I am getting the following error which is not so clear for me:

error C2440: 'return' : cannot convert from 'main::<lambda_6dfbb1b8dd2e41e1b6346f813f9f01b5>::()::<lambda_59843813fe4576d583c9b2877d7a35a7>' to 'std::string (__cdecl *)(const foo &)'

P.S. I am on MSVS 2013

Edit:

if I edit the code by replacing auto with the real type:

std::function<std::string(const foo&)> get_functor1 = [&](const bool check) {
    return  [&](const foo& sr)->std::string {
        if (check) {
            return "some string";
        }
        return "another string";
    };
};
run(get_functor1(true));

I am getting another error:

error C2664: 'std::string std::_Func_class<_Ret,const foo &>::operator
()(const foo &) const' : cannot convert argument 1 from 'bool' to
'const foo &'

Which is totally messed up!

A side note: you should capture by value in the returned lambda: return [=](const foo& sr) .... Since here you are getting a reference that will be outlived.

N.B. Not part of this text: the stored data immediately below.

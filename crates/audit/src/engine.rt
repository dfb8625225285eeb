//! One engine for every question on a claim and a capture.
//!
//! The inputs are read in the order claim, second input, capture, and what stands after a refusal
//! isn't read. Once all are read, and all memory is taken, the text is written. The contract of
//! each function here is one promise, `RunsFor`: the text and the answer are those that the bytes
//! of the inputs call for; with it stands what an outcome shows.

ghost use Rattle.std.specs.Prelude.{◌≡◌, ◌⊎◌, Err, IfErr, IfOk, IfSome};
ghost use Rattle.audit.specs.Common.{IsFromOutside, IsReadable, IsUnwritten, IsWritable, SinkState, no_feed, run_state};
ghost use Rattle.audit.specs.Evidence.{IsLawfulEvidence, evidence_data};
ghost use Rattle.audit.specs.Order.{GiveWhen};
ghost use Rattle.audit.specs.Question.{AreInputsOf, asked_of};
ghost use Rattle.audit.specs.Reading.{ticks_asked};
ghost use Rattle.audit.specs.Report.{inputs_read};
ghost use Rattle.audit.specs.Run.{AnswersFor, HasRead, MayRun, RunsFor, RunsTwice, ShowsAt};
ghost use Rattle.audit.specs.Second.{no_second};

use crate::capture_input::read_capture_from;
use crate::evidence::Evidence;
use crate::laws::bytes_tell_what_they_show;
use crate::question::order::when_in;
use crate::question::{AtReading, Question};
use crate::second::{SecondInput, SecondSource};
use byte_stream::{Feed, Sink};
use line_writer::Style;
use report::{Conclusion, Outcome, RunFault, conclude, publish, read_claim_from};
use std::alloc::{AllocError, Global};
use std::hash::BuildHasher;
use true_time::When;
use true_time::laws::moments_hold;

/// Where a command writes: its report, and the line of a fault.
#[derive(Debug, Drop)]
pub struct Outputs<S, E> {
    /// The report's sink.
    pub out: S,
    /// The sink for the line of a fault.
    pub err: E,
}

/// Reads the claim, the second input and the capture. The capture's feed is handed back beside what
/// the second input says, and the evidence of claim and capture.
fn read_inputs<V: SecondInput, C: Feed, T: SecondSource<V>, F: Feed, H: BuildHasher + Drop>(
    alloc: Global,
    claim: &mut C,
    second: &mut T,
    capture: F,
    hasher: H,
) -> (F, Result<(V, Evidence), RunFault>)
    requires claim { IsReadable (C.state claim.old) }
    requires second { IsReadable (T.state second.old) }
    requires capture { IsReadable (F.state capture) }
    ensures has_read { (sink sink' : SinkState) → HasRead V.kind
        (run_state (C.state claim.old) (T.state second.old) (F.state capture) sink)
        (run_state (C.state claim.new) (T.state second.new) (F.state result.0) sink')
        second.old second.new capture result.0 result.1 }
    ensures of_bytes { IfOk result.1 (λ read. AreInputsOf V.kind (V.said read.0)
        (evidence_data read.1) (C.state claim.old) (T.state second.old) (F.state capture)) }
    ensures lawful { IfOk result.1 (λ read. V.IsLawful read.0 × IsLawfulEvidence read.1) }
    ensures refused { IfErr result.1 (λ fault. IfSome (inputs_read V.kind
        (C.state claim.old).remaining (T.state second.old).remaining (F.state capture).remaining)
        (λ known. IsFromOutside fault ⊎ (known ≡ Err fault))) }
    ensures unwritten { IfErr result.1 (λ fault. IsUnwritten (Err fault)) }
{
    let claim = match read_claim_from(alloc, claim) {
        Ok(claim) => claim,
        Err(fault) => return (capture, Err(fault)),
    };
    let second = match second.read_second(alloc) {
        Ok(second) => second,
        Err(fault) => return (capture, Err(fault)),
    };
    let (capture, collected) = read_capture_from(alloc, capture, &claim, hasher);
    match collected {
        Ok(held) => (capture, Ok((second, Evidence { claim, held }))),
        Err(fault) => (capture, Err(fault)),
    }
}

/// Reads a claim and a capture, and says when the clock showed a reading. The capture's feed is
/// handed back.
///
/// The inputs are read as `run` reads them. `Memory` comes if memory is refused, and any other
/// fault from the input that it is of.
pub fn read_when<C: Feed, F: Feed, H: BuildHasher + Drop>(
    alloc: Global,
    asked: AtReading,
    claim: &mut C,
    capture: F,
    hasher: H,
) -> (F, Result<When, RunFault>)
    requires claim { IsReadable (C.state claim.old) }
    requires capture { IsReadable (F.state capture) }
    ensures has_read { (sink sink' : SinkState) → HasRead no_second
        (run_state (C.state claim.old) no_feed (F.state capture) sink)
        (run_state (C.state claim.new) no_feed (F.state result.0) sink')
        (tt {0}) (tt {0}) capture result.0 result.1 }
    ensures when { IfOk result.1 (λ when. GiveWhen (ticks_asked asked.begin asked.end) when
        (C.state claim.old) (F.state capture)) }
    ensures refused { IfErr result.1 (λ fault. IfSome (inputs_read no_second
        (C.state claim.old).remaining no_feed.remaining (F.state capture).remaining)
        (λ known. IsFromOutside fault ⊎ (known ≡ Err fault))) }
    ensures unwritten { IfErr result.1 (λ fault. IsUnwritten (Err fault)) }
{
    let (capture, inputs) = read_inputs(alloc, claim, &mut (), capture, hasher);
    moments_hold();
    match inputs {
        Ok(((), evidence)) => match when_in(alloc, asked, &evidence) {
            Ok(when) => (capture, Ok(when)),
            Err(AllocError) => (capture, Err(RunFault::Memory)),
        },
        Err(fault) => (capture, Err(fault)),
    }
}

/// Answers a question by a claim, the question's second input and a capture: the text goes to
/// `out`, in this style, and the capture's feed is handed back. A question without a second input
/// has `()` for `second`.
///
/// The claim is read first, then the second input, then the capture; what stands later isn't read
/// after a refusal. Nothing is written while more memory may be wanted. `Device` comes if a feed
/// failed, and `Write(n)` if the sink failed after exactly n bytes of the text. The hash of the
/// index of requests is keyed by two numbers of `hasher`: callers that don't trust the capture's
/// writer should pass one with a random key.
pub fn run<
    Q: Question,
    C: Feed,
    T: SecondSource<Q::Second>,
    F: Feed,
    S: Sink,
    H: BuildHasher + Drop,
>(
    alloc: Global,
    question: Q,
    style: Style,
    claim: &mut C,
    second: &mut T,
    capture: F,
    out: &mut S,
    hasher: H,
) -> (F, Result<Outcome, RunFault>)
    requires { MayRun
        (run_state (C.state claim.old) (T.state second.old) (F.state capture) (S.state out.old)) }
    ensures runs { RunsFor (asked_of (Q.asks question) Q.Second.kind style)
        (run_state (C.state claim.old) (T.state second.old) (F.state capture) (S.state out.old))
        (run_state (C.state claim.new) (T.state second.new) (F.state result.0) (S.state out.new))
        second.old second.new capture result.0 result.1 }
    ensures shows { IfOk result.1 ((Q.asks question).Shows
        (C.state claim.old) (T.state second.old) (F.state capture)) }
{
    let (capture, inputs) = read_inputs(alloc, claim, second, capture, hasher);
    bytes_tell_what_they_show();
    match inputs {
        Ok((second, evidence)) => match question.find(alloc, style, &second, &evidence) {
            Ok(found) => (
                capture,
                question.tell(alloc, style, &second, &evidence, &found, out),
            ),
            Err(fault) => (capture, publish(out, &Err(fault))),
        },
        Err(fault) => (capture, publish(out, &Err(fault))),
    }
}

/// Answers a question as `run` does, and tells what it finds twice: for a program on `draft`, and
/// if that is whole, in this style on `out`, the same finding.
///
/// Nothing is written on `out` unless `draft` has got its whole text and was finished. `Write(n)`
/// comes if `draft` failed after exactly n bytes of its text, or `out` after n bytes of the other.
pub fn run_twice<
    Q: Question,
    C: Feed,
    T: SecondSource<Q::Second>,
    F: Feed,
    D: Sink,
    S: Sink,
    H: BuildHasher + Drop,
>(
    alloc: Global,
    question: Q,
    style: Style,
    claim: &mut C,
    second: &mut T,
    capture: F,
    draft: &mut D,
    out: &mut S,
    hasher: H,
) -> (F, Result<Outcome, RunFault>)
    requires run { MayRun (run_state
        (C.state claim.old) (T.state second.old) (F.state capture) (D.state draft.old)) }
    requires out { IsWritable (S.state out.old) }
    ensures { RunsTwice (asked_of (Q.asks question) Q.Second.kind style)
        (run_state (C.state claim.old) (T.state second.old) (F.state capture) (D.state draft.old))
        (run_state (C.state claim.new) (T.state second.new) (F.state result.0) (D.state draft.new))
        second.old second.new capture result.0 (S.state out.old) (S.state out.new) result.1 }
{
    let (capture, inputs) = read_inputs(alloc, claim, second, capture, hasher);
    bytes_tell_what_they_show();
    match inputs {
        Ok((second, evidence)) => match question.find(alloc, style, &second, &evidence) {
            Ok(found) => {
                match question.tell(alloc, Style::Plain, &second, &evidence, &found, draft) {
                    Ok(_) => {
                        let told = question.tell(alloc, style, &second, &evidence, &found, out);
                        (capture, told)
                    }
                    Err(fault) => (capture, Err(fault)),
                }
            }
            Err(fault) => (capture, publish(draft, &Err(fault))),
        },
        Err(fault) => (capture, publish(draft, &Err(fault))),
    }
}

/// Answers a question as `run` does, with the text on `to.out`, and reports a fault on `to.err`.
/// Beside the capture's feed stands the conclusion.
#[tactic(auto, using(crate::proofs::Status::shown_by_status))]
pub fn answer<
    Q: Question,
    C: Feed,
    T: SecondSource<Q::Second>,
    F: Feed,
    S: Sink,
    E: Sink,
    H: BuildHasher + Drop,
>(
    alloc: Global,
    question: Q,
    style: Style,
    claim: &mut C,
    second: &mut T,
    capture: F,
    to: &mut Outputs<S, E>,
    hasher: H,
) -> (F, Conclusion)
    requires run { MayRun (run_state
        (C.state claim.old) (T.state second.old) (F.state capture) (S.state to.old.out)) }
    requires err { IsWritable (E.state to.old.err) }
    ensures answers { AnswersFor (asked_of (Q.asks question) Q.Second.kind style)
        (run_state (C.state claim.old) (T.state second.old) (F.state capture) (S.state to.old.out))
        (run_state (C.state claim.new) (T.state second.new) (F.state result.0) (S.state to.new.out))
        second.old second.new capture result.0 (E.state to.old.err) (E.state to.new.err) result.1 }
    ensures shows { ShowsAt result.1.code (Q.asks question)
        (C.state claim.old) (T.state second.old) (F.state capture) }
{
    let out = &mut to.out;
    let (capture, answer) = run(alloc, question, style, claim, second, capture, out, hasher);
    (capture, conclude(&answer, &mut to.err))
}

Then, what's the full code example that leads to that error? — Rerito
– Rerito, Commented Apr 24, 2017 at 6:49
It appears from the error message that the function expects a raw function pointer, not an std::function object — Rerito
– Rerito, Commented Apr 24, 2017 at 6:51
@Rerito Some of them are non-copyable.. this is another problem to deal with now! — Humam Helfawi
– Humam Helfawi, Commented Apr 24, 2017 at 6:52

Rerito · Accepted Answer · 2017-04-24 07:11:32Z

5

I was able to reproduce the same error on VS 2013 with the following MVCE:

#include <iostream>
#include <functional>
#include <string>

struct foo {};

std::string run(std::function<std::string(foo const&)> f) {
    return f(foo());
}

int main() {

    auto get_functor = [&](bool const check) {
        return [=](foo const&) -> std::string { // Line of the compiler error
            if (check) {
                return "CHECK!";
            }
            else {
                return "NOT CHECK!";
            }
        };
    };

    std::cout << run(std::function<std::string(foo const&)>(get_functor(true)));
    return 0;
}

I then get the error:

Error   1   error C2440: 'return' : cannot convert from 'main::<lambda_1bc0a1ec72ce6dc00f36e05599609bf6>::()::<lambda_4e0981efe0d720bad902313b44329b79>' to 'std::string (__cdecl *)(const foo &)'

The problem lies with MSVC's inability to handle returned lambdas: when you do not specify the return type, it is trying to decay it into a regular function pointer. This fails because your lambda does capture elements!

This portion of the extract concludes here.